Page MenuHomePhabricator

Content Translation analytics dashboard shows errors for some graphs that were working before
Closed, ResolvedPublic

Description

The analytics dashboard for Content Translation key metrics has recently started to show errors for some graphs that were rendered before:

  • Monthly translations year over year: Unexpected error
  • Monthly translations by user edit count: Apache Druid Error
  • Monthly rate of deleted translations: Unexpected error
  • Monthly translations by wiki: Apache Druid Error

The "Users last calendar month" shows a "Timeout error", but that is a known issue and other tasks will support to improve the performance for such graph.

A screenshot below to illustrate the issue:

superset.wikimedia.org_superset_dashboard_119__native_filters_key=li5w_ZRPZyIO7J23vHUPZEO2E79JPxtrRE63q5D7HCFOnH1Rq80dhAx4UmwagivV(Wiki Tablet).png (3×980 px, 323 KB)

Event Timeline

Pginer-WMF moved this task from Needs Triage to Bugs on the ContentTranslation board.
Pginer-WMF moved this task from Backlog to Priority Backlog on the Language-analytics board.

Some additional information on the error that's appearing for all line charts:

Reported error:
java.lang.RuntimeException: net.jpountz.lz4.LZ4Exception: Error decoding offset 53533 of input buffer

Other information:

  • These charts use a virtual dataset (daily_translations_byactivity_incl_deletions) that queries data from the druid.edits_hourly dataset. This error appeared after the edits_hourly dataset was updated with the 2023-08-01 snapshot. There were no issues loading this chart prior to that update.
  • The error specifically appears to occur when the time range filter is adjusted to include any months from 2021-06-12 until 2021-07-01. For example, if the time range filter is adjusted the following times the charts load correctly:
    • 2019-01-01 <= col < 2021-01-01
    • 2022-01-01 <= col < 2023-09-01

But will not work if adjusted to the following cases:

  • 2019-01-01 <= col < 2022-01-01 Or even
  • 2021-01-01 <= col < 2023-09-01

As a temporary fix, I've adjusted the default time filter to 2022-01-01 <= col < 2023-09-01. This will allow all the time series charts to load correctly and provide details on recent trends. However, as mentioned in T346636#9179412, the error will still reappear for these charts if the time range is extended to display larger time ranges.

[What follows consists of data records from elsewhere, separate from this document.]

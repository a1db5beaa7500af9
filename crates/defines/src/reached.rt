// How far the writer of a run of atoms or of pairs is: the place behind what it put, and the first that it has not
// put.
#[derive(Clone, Copy)]
pub struct Reached {
    pub at: usize,
    pub to: usize,
}
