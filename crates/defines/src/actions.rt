// The schemas of a table as actions, each behind a space.
ghost use Rattle.std.specs.Prelude.{◌≡◌, true, suc, ◌+◌, ◌≤◌, ◌<◌, length};
ghost use Rattle.words.specs.Lists.{up_to, concat_map};
ghost use Rattle.words.specs.Putting.{Puts};
ghost use Rattle.task.specs.Layout.{head_in};
ghost use Rattle.task.specs.Limits.{most_parameters};
ghost use Rattle.task.specs.Table.{task_of, is_table};
ghost use Rattle.task.specs.Turns.{first_atom, first_pair};
ghost use Rattle.defines.specs.Pddl.{neighbours, parameter, names_up_to};
ghost use Rattle.defines.specs.ByWords.{head_text, frame_in, action_in};

use crate::atoms::put_run;
use crate::names::{PARAMETER, below_size, put_numbered};
use crate::pairs::put_pairs;
use crate::reached::Reached;
use task::layout::params_of;
use task::limits::{ADDITION, DELETION, PRECONDITION, SCHEMAS};
use text::put::{number_size, put_bytes, put_number};
use words::runs::{wide, word_at};

// The first parameter stands just inside the bracket, and has no space before it.
fn put_parameters(text: &mut [u8], at: usize, params: u16) -> usize
    requires { at + length (neighbours (names_up_to parameter params)) ≤ length text.old }
    ensures { Puts text.old at (neighbours (names_up_to parameter params)) text.new result }
{
    if params == 0 {
        return at;
    }
    let at_second = put_bytes(text, at, b"?x0");
    put_numbered(text, at_second, &PARAMETER, 1, params)
}

// An action up to its preconditions.
fn put_head(text: &mut [u8], at: usize, schema: u16, params: u16) -> usize
    requires { at + length (head_text schema params) ≤ length text.old }
    ensures { Puts text.old at (head_text schema params) text.new result }
{
    let at_number = put_bytes(text, at, b" (:action a");
    let at_bracket = put_number(text, at_number, schema);
    let at_parameters = put_bytes(text, at_bracket, b" :parameters (");
    let at_preconditions = put_parameters(text, at_parameters, params);
    put_bytes(text, at_preconditions, b") :precondition (and")
}

// How far the writer is: the place behind what it put, and the first atom and the first pair that it has not put.
#[derive(Clone, Copy)]
struct Acted {
    at: usize,
    atom: usize,
    pair: usize,
}

// The action of a schema, whose atoms begin at `from` and whose pairs at `pair`.
fn put_action(
    text: &mut [u8],
    at: usize,
    table: &[u16],
    schema: u16,
    from: usize,
    pair: usize,
) -> Acted
    requires table_value { is_table table.now ≡ true }
    requires schema_bound { schema < (head_in table.now).schemas }
    requires from_value { from ≡ first_atom (task_of table.now) schema }
    requires pair_value { pair ≡ first_pair (task_of table.now) schema }
    requires schema_in_bounds { at + length (action_in table.now schema) ≤ length text.old }
    ensures atom_value { result.atom ≡ first_atom (task_of table.now) (suc schema) }
    ensures pair_value_2 { result.pair ≡ first_pair (task_of table.now) (suc schema) }
    ensures puts { Puts text.old at (action_in table.now schema) text.new result.at }
{
    let number = wide(schema);
    let params = params_of(table, number) as u16;
    let at_preconditions = put_head(text, at, schema, params);
    let adds = put_run(text, at_preconditions, table, number, PRECONDITION, from);
    let apart = put_pairs(text, adds.at, table, number, pair);
    let at_effects = put_bytes(text, apart.at, b") :effect (and");
    let deletes = put_run(text, at_effects, table, number, ADDITION, adds.to);
    let end = put_run(text, deletes.at, table, number, DELETION, deletes.to);
    let behind = put_bytes(text, end.at, b"))");
    Acted {
        at: behind,
        atom: end.to,
        pair: apart.to,
    }
}

// The actions of all schemas. Their atoms stand one schema behind another, and so do their pairs: those of each schema
// begin where those of the one before it end.
pub fn put_actions(text: &mut [u8], at: usize, table: &[u16]) -> Reached
    requires table_value { is_table table.now ≡ true }
    requires table_in_bounds { at + length (concat_map (action_in table.now) (up_to (head_in table.now).schemas)) ≤
        length text.old }
    ensures atom_value { result.to ≡ (head_in table.now).schema_atoms }
    ensures puts { Puts text.old at
        (concat_map (action_in table.now) (up_to (head_in table.now).schemas))
        text.new result.at }
{
    let schemas = word_at(table, SCHEMAS);
    let mut acted = Acted {
        at,
        atom: 0,
        pair: 0,
    };
    for s in 0..schemas {
        acted = put_action(text, acted.at, table, s, acted.atom, acted.pair);
    }
    Reached {
        at: acted.at,
        to: acted.atom,
    }
}

// The bytes that the parameters take.
fn parameters_size(params: usize) -> usize
    requires { params ≤ most_parameters }
    ensures { result ≡ length (neighbours (names_up_to parameter params)) }
{
    if params == 0 {
        return 0;
    }
    PARAMETER.len() * params + below_size(params) - 1
}

fn head_size(schema: u16, params: usize) -> usize
    requires { params ≤ most_parameters }
    ensures { result ≡ length (head_text schema params) }
{
    b" (:action a".len()
        + number_size(schema)
        + b" :parameters (".len()
        + parameters_size(params)
        + b") :precondition (and".len()
}

// The bytes that an action takes besides its atoms and its pairs.
fn frame_size(table: &[u16], schema: u16) -> usize
    requires table_value { is_table table.now ≡ true }
    requires schema_bound { schema < (head_in table.now).schemas }
    ensures { result ≡ length (frame_in table.now schema) }
{
    head_size(schema, params_of(table, wide(schema))) + b") :effect (and))".len()
}

pub fn frames_size(table: &[u16]) -> usize
    requires { is_table table.now ≡ true }
    ensures { result ≡
        length (concat_map (frame_in table.now) (up_to (head_in table.now).schemas)) }
{
    let schemas = word_at(table, SCHEMAS);
    (0..schemas).map(|s| frame_size(table, s)).sum()
}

@KCVelaga_WMF assigning to you to investigate further but let me know if any additional details would be helpful.

Thank you @JAllemandou!

@Pginer-WMF I just checked the dashboard and everything is working fine. Also, set the default time range filter back to start from 2019-01-01. Please check on your side, if it looks good, we can resolve this ticket.

Thank you @JAllemandou!

@Pginer-WMF I just checked the dashboard and everything is working fine. Also, set the default time range filter back to start from 2019-01-01. Please check on your side, if it looks good, we can resolve this ticket.

Confirmed. Graphs are in place. Thanks!

superset.wikimedia.org_superset_dashboard_119__native_filters_key=4x5lCmpQqZ16lvF3wqPTAyr-JNNIElfYsVXkO94zLQ5VXMxpIWpulZVNMkl5jwsx(Wiki Tablet).png (3×980 px, 500 KB)

Regarding the default time range adjustment, I noticed a small glitch. The end of the time range is defined as "Beginning of this month" and it shows as "2023-09-30" (Sept 30). Given that today is Sept 22, and the data for September is not available yet, this makes some graphs to show some data for September. For example, the "Users last calendar month" graph shows what seems an artificial drop at the end that may be caused by this.

superset.wikimedia.org_superset_dashboard_119__native_filters_key=4x5lCmpQqZ16lvF3wqPTAyr-JNNIElfYsVXkO94zLQ5VXMxpIWpulZVNMkl5jwsx(Wiki Tablet) (1).png (740×1 px, 120 KB)

This is not urgent and can be dealt in a separate task, but I wanted to mention since the adjustment of the default period was a recent change.

@Pginer-WMF The filter's behaviour is strange. The "beginning of this month" filter is not working well for September, but is working fine for August and even October. For now, I added a manual filter to end the data at 2023-09-01. As we are close to October, I will check this again early next week to see if the issue still persists. We can create a separate task then if needed.

@Pginer-WMF The filter's behaviour is strange. The "beginning of this month" filter is not working well for September, but is working fine for August and even October. For now, I added a manual filter to end the data at 2023-09-01. As we are close to October, I will check this again early next week to see if the issue still persists. We can create a separate task then if needed.

Thanks for the update. For October onwards it is ok to leave the filter to the "beginning of this month" even if there are some glitches. I can adjust the date manually if I need to export a image.